Talent Is Not Enough

Recently by Gary North: Adapt or Die (in the Unemployment Line)

 

  

Christopher Buckley, a conservative Catholic who writes excellent humor pieces, was a friend of the liberal atheist Christopher Hitchens. He has written a fine obituary for a talented waste of a man.

He says that Hitchens wrote well. I have read little of Hitchens, so I will accept this judgment. But Hitchens left behind little or nothing of lasting substance. There is no great book associated with his name. There are lots of well-written essays, but essays rarely survive the issue of the magazine in which they are published. I speak from 45 years of experience.

Because of the Internet, bits and pieces of Hitchens’ legacy will survive. But who will read these already forgotten essays? Why? Old essays are old news. Think of Samuel Johnson. He was one of the most gifted and famous writers of his day. He is remembered only because James Boswell – a celebrity hound – wrote a 1500-page collection of snippets about him, and a few of the snippets still get quoted.

Hitchens amused the Left for decades. They liked him. But when he became a defender of George Bush’s Iraq war, he lost credibility in Left-leaning circles.

His brother Peter is a conservative, an essayist, and a late convert to Christianity. He is the author of The Rage Against God: How Atheism Led Me to Faith. Christopher wrote God Is Not Great: How Religion Poisons Everything. They were born of a Jewish atheist mother who committed suicide, who did not tell them of their roots. They became a Jacob-Esau pair in middle age.

My familiarity with Hitchens comes from a series of debates he had with Rev. Doug Wilson. The issue: faith in God. Wilson is a skilled debater. The debate is available on DVD. You can rent it for $3. Do.

Wilson repeatedly confounded Hitchens with variations of two ethical questions: “As a Darwinist, what are your criteria for deciding what is good and what is evil? Why should anyone else believe in these criteria?” Hitchens could not answer, other than to say he thinks people know the difference, which is hardly a philosophically coherent answer. At the end of the video, Hitchens and Wilson are in the back seat of a car. Hitchens admits that if he could forever end Christianity, he would not do it.

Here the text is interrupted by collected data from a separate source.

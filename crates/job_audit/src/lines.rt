//! The lines that steps give, and what they leave to the next one.
ghost use Rattle.std.specs.Prelude.{◌≡◌, [], ◌∷◌, List};
ghost use Rattle.std.specs.Option.{option_map_or};
ghost use Rattle.enc_guided.specs.Recoded.{FrameStep, Recoding};
ghost use Rattle.job_audit.specs.Audit.{line_text};
ghost use Rattle.job_audit.specs.StepLines.{chain_by, lines_of, said_in, step_text};
ghost use Rattle.job_audit.specs.Steps.{behind_anchor, has_chain_behind, line_behind};

use crate::line::{Line, Said};
use plan_window::{Mode, Step};

/// What the steps so far leave to the next one.
#[derive(Clone, Copy, Debug)]
pub(crate) struct Lines {
    /// The line of the last anchor. It waits for those of the frames in its group.
    pub waiting: Option<Line>,
    /// Whether the last anchor has a chain, or there is none.
    pub last_chain: bool,
    /// Whether the anchor before it has one, or there is none.
    pub chain_before: bool,
}

impl Lines {
    /// Before the first step.
    pub(crate) fn start() -> Lines
        ensures { (r : Recoding) → result ≡ lines_of r [] }
    {
        Lines {
            waiting: None,
            last_chain: true,
            chain_before: true,
        }
    }

    /// Takes a step, with what the record says that is found in its frame. It answers the line that is due: the step's own,
    /// or where the step is an anchor, that of the anchor before it.
    pub(crate) fn take(&mut self, step: &Step, found: Option<Said>) -> Option<Line>
        ensures stands { (r : Recoding) (before : List FrameStep) (s : FrameStep)
            → self.old ≡ lines_of r before → step.now ≡ s.step → found ≡ said_in r s
            → self.new ≡ lines_of r (s ∷ before) }
        ensures due { (r : Recoding) (before : List FrameStep) (s : FrameStep)
            → self.old ≡ lines_of r before → step.now ≡ s.step → found ≡ said_in r s
            → option_map_or line_text result [] ≡ step_text r before s }
    {
        let line = self.line(step, found);
        if step.anchor {
            self.wait(line)
        } else {
            Some(line)
        }
    }

    /// The line of a step.
    fn line(&self, step: &Step, found: Option<Said>) -> Line
        ensures { result ≡ line_behind self.now step.now found }
    {
        Line {
            frame: step.frame,
            found,
            mode: step.mode,
            has_chain: self.has_chain(step, &found),
        }
    }

    /// Whether a step has a chain. The forward side of an anchor is the last one; the last one is the anchor of a B's group,
    /// and the one before it is the B's forward side.
    fn has_chain(&self, step: &Step, found: &Option<Said>) -> bool
        ensures { result ≡ has_chain_behind self.now step.now found.now }
    {
        if step.anchor {
            chain_by(step.mode, found, self.last_chain)
        } else {
            chain_by(step.mode, found, self.chain_before) && self.last_chain
        }
    }

    /// The line of an anchor waits, and that of the anchor before it is due.
    fn wait(&mut self, line: Line) -> Option<Line>
        ensures due { result ≡ self.old.waiting }
        ensures left { self.new ≡ behind_anchor self.old line }
    {
        self.chain_before = self.last_chain;
        self.last_chain = line.has_chain;
        self.waiting.replace(line)
    }
}

/// Whether there is a chain through a frame, where that of its forward side is given.
fn chain_by(mode: Mode, found: &Option<Said>, behind: bool) -> bool
    ensures { result ≡ chain_by mode found.now behind }
{
    match (mode, found) {
        (Mode::Guided, Some(said)) => said.certified && (!said.uses_forward || behind),
        (Mode::Guided, None) | (Mode::Fresh, _) => false,
    }
}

Every skeptic has a problem: the corrosive effects of skepticism. Where does it end? On what basis? Where does it lead to? How can men build a civilization in terms of skepticism?

Hitchens had a series of writing jobs. Unlike most authors, he could live by his pen. But what was his calling? What was the most important thing he could do in which he would have been most difficult to replace? In our age, skeptics are a euro a dozen. He is gone. His friends miss him. The public doesn’t. He is easily replaceable. Clever skeptical essays do not change people’s lives. They at most reinforce the readers’ opinions. Or they amuse.

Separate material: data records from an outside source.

//! A line of the audit, and how it is written.
ghost use Rattle.std.specs.Prelude.{◌≡◌};
ghost use Rattle.mv_ends.specs.Sends.{Sends};
ghost use Rattle.job_audit.specs.Audit.{chain_word, found_flag, found_type, line_text, mode_word};

use itoa::Buffer;
use mv_ends::{Failed, Sink, send_all};
use mv_terms::PicType;
use plan_window::Mode;

/// What a record says of its picture.
#[derive(Clone, Copy, Debug)]
pub(crate) struct Said {
    pub pic: PicType,
    pub certified: bool,
    pub uses_forward: bool,
}

/// What a line of the audit says of a frame.
#[derive(Clone, Copy, Debug)]
pub(crate) struct Line {
    /// The number of the frame, from 0.
    pub frame: u64,
    /// What the record says that is found in it, if one is.
    pub found: Option<Said>,
    /// How it is coded.
    pub mode: Mode,
    /// Whether it is coded by a certified record, and all that it depends on too.
    pub has_chain: bool,
}

/// Writes a line.
pub(crate) fn write_line<O: Sink>(line: &Line, out: &mut O) -> Result<(), Failed>
    ensures { Sends (O.told out.old) (O.told out.new) (line_text line.now) result }
{
    let mut number = Buffer::new();
    send_all(
        out,
        &[
            number.format(line.frame).as_bytes(),
            " ".as_bytes(),
            found_type(&line.found).as_bytes(),
            " ".as_bytes(),
            mode_word(line.mode).as_bytes(),
            " ".as_bytes(),
            found_flag(&line.found).as_bytes(),
            " ".as_bytes(),
            chain_word(line.has_chain).as_bytes(),
            "\n".as_bytes(),
        ],
    )
}

/// The type of the record, if one is found.
fn found_type(found: &Option<Said>) -> &'static str
    ensures { result.now ≡ found_type found.now }
{
    match found {
        None => "-",
        Some(said) => match said.pic {
            PicType::I => "I",
            PicType::P => "P",
            PicType::B => "B",
        },
    }
}

fn mode_word(mode: Mode) -> &'static str
    ensures { result.now ≡ mode_word mode }
{
    match mode {
        Mode::Guided => "guided",
        Mode::Fresh => "fresh",
    }
}

/// Whether the record says that its picture is certified, if one is found.
fn found_flag(found: &Option<Said>) -> &'static str
    ensures { result.now ≡ found_flag found.now }
{
    match found {
        None => "-",
        Some(said) => { if said.certified { "certified" } else { "plain" } }
    }
}

fn chain_word(has_chain: bool) -> &'static str
    ensures { result.now ≡ chain_word has_chain }
{
    if has_chain { "chain" } else { "-" }
}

He drank too much. He smoked too much. “It’s the fags that’ll get me in the end, I know it.” They did. He died of esophageal cancer.

He showed no remorse.

Christopher Hitchens is known as much for his hard-drinking, chain-smoking lifestyle as he is for his controversial writings. But when asked by Charlie Rose if he regrets having burned the candle so thoroughly at both ends – given that he has now been diagnosed with esophageal cancer – Hitchens was adamant: absolutely not.

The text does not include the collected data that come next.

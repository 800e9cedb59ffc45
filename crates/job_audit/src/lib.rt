//! The audit of a frame file: for each frame a line that says what record is found in it, how it would be coded, and
//! whether it still comes back with the original bytes of its picture, as far as the records tell.
//!
//! Its promise: `audit_job` runs `audit_command` of `specs/Command.antt`. It ends as `outcome_of` of `job_coding` defines for the bytes of the named input, where each step
//! of the plan gives lines (`specs/StepLines.antt`), but for want of memory and counted faults of its endpoints; and what it
//! writes for a file, up to its end or its first fault, are the lines of `specs/Audit.antt`, in the order of the frames, in
//! which each intact frame has its chain (`specs/AuditedFile.antt`). `specs/Steps.antt` only carries proofs.
#![tactic(auto)]

mod coder;
mod job;
mod laws;
mod line;
mod lines;

pub use job::audit_job;
pub use laws::{audit_law, audited_file_law, chain_law};
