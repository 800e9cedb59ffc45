//! Laws of the audit, for crates above.
ghost use Rattle.job_audit.specs.Laws.{AuditIsInOrder, ChainIsSaid, FilesAreAudited};

use cert_chains::intact_law;
use y4m_frames::{header_law, holds_law};

/// The lines that the steps of the plan give are those of the frames in their order.
pub fn audit_law()
    ensures { AuditIsInOrder }
{}

/// A frame with a chain has the word `chain` in its line.
pub fn chain_law()
    ensures { ChainIsSaid }
{}

/// What is written for a file are the lines of its frames, in which each intact frame has its chain.
pub fn audited_file_law()
    ensures { FilesAreAudited }
{
    // for the proof: what is written are the lines of the frames; intact frames have a chain, and its word; and the header
    // of what is read is legal
    audit_law();
    intact_law();
    chain_law();
    holds_law();
    header_law();
}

“All the time, I’ve felt that life is a wager and that I probably was getting more out of leading a bohemian existence as a writer than I would have if I didn’t,” he said in an interview that aired Friday. “Writing is what’s important to me, and anything that helps me do that – or enhances and prolongs and deepens and sometimes intensifies argument and conversation – is worth it to me. So I was knowingly taking a risk. I wouldn’t recommend it to others”

“But you would do it again?” Rose asked.

“Yes, I think I would,” Hitchens responded. “I’ve had to reflect on this, of course, a lot recently, and trying to imagine doing my life differently and not ending up mortally sick. But it’s impossible for me to imagine having my life without going to those parties, without having those late nights…without that second bottle.”

The man wasted his gifts. He died at age 62. Careers like his should stand as warnings to the rest of us. Talent is not enough.